> _What to produce_:
Below are the records; tally the lines in them that include the word "blocks" and reply with the number alone.

Stored data

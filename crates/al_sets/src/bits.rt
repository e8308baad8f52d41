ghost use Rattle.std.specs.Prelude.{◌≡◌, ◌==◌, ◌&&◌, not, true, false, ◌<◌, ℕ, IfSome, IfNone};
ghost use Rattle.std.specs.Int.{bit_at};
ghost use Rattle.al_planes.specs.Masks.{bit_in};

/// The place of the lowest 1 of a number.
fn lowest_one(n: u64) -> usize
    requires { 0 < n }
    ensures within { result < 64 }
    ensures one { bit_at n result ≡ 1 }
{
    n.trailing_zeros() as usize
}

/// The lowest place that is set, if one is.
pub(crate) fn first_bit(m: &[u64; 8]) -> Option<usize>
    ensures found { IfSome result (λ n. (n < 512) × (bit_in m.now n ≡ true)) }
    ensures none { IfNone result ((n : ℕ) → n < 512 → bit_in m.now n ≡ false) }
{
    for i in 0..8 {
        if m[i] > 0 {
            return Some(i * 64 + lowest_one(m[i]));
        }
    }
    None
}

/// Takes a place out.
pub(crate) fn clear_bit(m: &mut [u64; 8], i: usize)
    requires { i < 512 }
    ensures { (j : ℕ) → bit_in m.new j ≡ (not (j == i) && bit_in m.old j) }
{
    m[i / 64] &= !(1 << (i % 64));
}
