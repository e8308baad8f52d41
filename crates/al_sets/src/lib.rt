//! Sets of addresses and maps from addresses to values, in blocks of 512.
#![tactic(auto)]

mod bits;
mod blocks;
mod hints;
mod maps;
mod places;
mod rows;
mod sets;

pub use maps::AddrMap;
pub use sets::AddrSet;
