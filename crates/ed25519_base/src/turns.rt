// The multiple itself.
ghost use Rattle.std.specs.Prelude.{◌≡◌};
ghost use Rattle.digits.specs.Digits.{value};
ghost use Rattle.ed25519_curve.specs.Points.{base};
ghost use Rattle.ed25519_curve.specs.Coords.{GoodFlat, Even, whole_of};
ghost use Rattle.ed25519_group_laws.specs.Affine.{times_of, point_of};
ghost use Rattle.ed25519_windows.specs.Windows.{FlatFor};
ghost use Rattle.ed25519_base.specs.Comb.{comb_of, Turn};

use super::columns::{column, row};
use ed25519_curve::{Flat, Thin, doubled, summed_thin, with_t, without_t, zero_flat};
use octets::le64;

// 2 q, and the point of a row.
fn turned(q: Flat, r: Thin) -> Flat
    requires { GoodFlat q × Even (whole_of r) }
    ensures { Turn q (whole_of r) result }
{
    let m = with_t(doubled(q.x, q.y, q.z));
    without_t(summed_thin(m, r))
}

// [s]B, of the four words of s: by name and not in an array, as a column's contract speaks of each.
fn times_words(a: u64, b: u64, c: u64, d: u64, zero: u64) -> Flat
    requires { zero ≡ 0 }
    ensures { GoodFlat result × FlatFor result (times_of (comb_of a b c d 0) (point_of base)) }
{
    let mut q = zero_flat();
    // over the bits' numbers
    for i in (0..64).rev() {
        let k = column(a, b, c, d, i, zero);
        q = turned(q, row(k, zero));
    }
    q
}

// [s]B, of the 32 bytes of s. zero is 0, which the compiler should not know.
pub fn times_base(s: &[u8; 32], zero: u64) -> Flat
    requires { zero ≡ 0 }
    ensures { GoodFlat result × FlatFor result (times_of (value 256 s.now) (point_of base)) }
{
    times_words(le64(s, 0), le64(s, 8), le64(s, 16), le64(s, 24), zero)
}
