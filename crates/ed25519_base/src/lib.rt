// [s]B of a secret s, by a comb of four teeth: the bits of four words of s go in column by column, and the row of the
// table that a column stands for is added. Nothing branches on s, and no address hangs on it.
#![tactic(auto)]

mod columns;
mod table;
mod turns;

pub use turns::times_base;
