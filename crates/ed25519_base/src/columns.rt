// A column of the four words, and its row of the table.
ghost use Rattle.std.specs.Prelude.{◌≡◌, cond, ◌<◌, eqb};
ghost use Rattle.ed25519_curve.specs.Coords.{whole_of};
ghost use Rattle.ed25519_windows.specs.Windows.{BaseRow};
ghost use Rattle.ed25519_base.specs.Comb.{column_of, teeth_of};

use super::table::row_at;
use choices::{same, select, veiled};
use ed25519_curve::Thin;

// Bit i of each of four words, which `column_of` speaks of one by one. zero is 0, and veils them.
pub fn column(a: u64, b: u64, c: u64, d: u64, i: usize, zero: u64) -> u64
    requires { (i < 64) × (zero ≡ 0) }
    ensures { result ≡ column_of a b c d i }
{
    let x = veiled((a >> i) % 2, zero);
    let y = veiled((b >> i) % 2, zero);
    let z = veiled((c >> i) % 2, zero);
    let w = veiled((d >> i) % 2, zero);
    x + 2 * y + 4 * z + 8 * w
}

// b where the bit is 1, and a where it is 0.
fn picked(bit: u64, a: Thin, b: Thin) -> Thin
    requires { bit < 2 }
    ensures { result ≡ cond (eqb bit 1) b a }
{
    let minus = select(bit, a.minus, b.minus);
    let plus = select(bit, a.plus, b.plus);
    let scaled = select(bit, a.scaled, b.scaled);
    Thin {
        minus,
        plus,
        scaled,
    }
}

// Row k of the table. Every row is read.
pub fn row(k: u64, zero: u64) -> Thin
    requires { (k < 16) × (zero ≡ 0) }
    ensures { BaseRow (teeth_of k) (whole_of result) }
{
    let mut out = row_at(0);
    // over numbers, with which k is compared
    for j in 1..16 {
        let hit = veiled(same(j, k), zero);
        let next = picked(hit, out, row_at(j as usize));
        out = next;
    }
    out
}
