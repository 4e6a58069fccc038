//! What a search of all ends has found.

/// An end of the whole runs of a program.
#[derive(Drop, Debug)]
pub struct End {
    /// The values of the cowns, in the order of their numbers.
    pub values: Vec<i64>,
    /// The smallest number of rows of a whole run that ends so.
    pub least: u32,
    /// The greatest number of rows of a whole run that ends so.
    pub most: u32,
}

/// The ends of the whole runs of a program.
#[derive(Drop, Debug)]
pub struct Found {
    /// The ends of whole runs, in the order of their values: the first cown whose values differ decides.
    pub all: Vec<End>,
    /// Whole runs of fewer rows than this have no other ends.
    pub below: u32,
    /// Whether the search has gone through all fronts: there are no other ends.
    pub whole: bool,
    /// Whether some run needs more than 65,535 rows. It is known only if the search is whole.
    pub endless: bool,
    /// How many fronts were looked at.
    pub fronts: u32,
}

> _Result of the exercise_:
2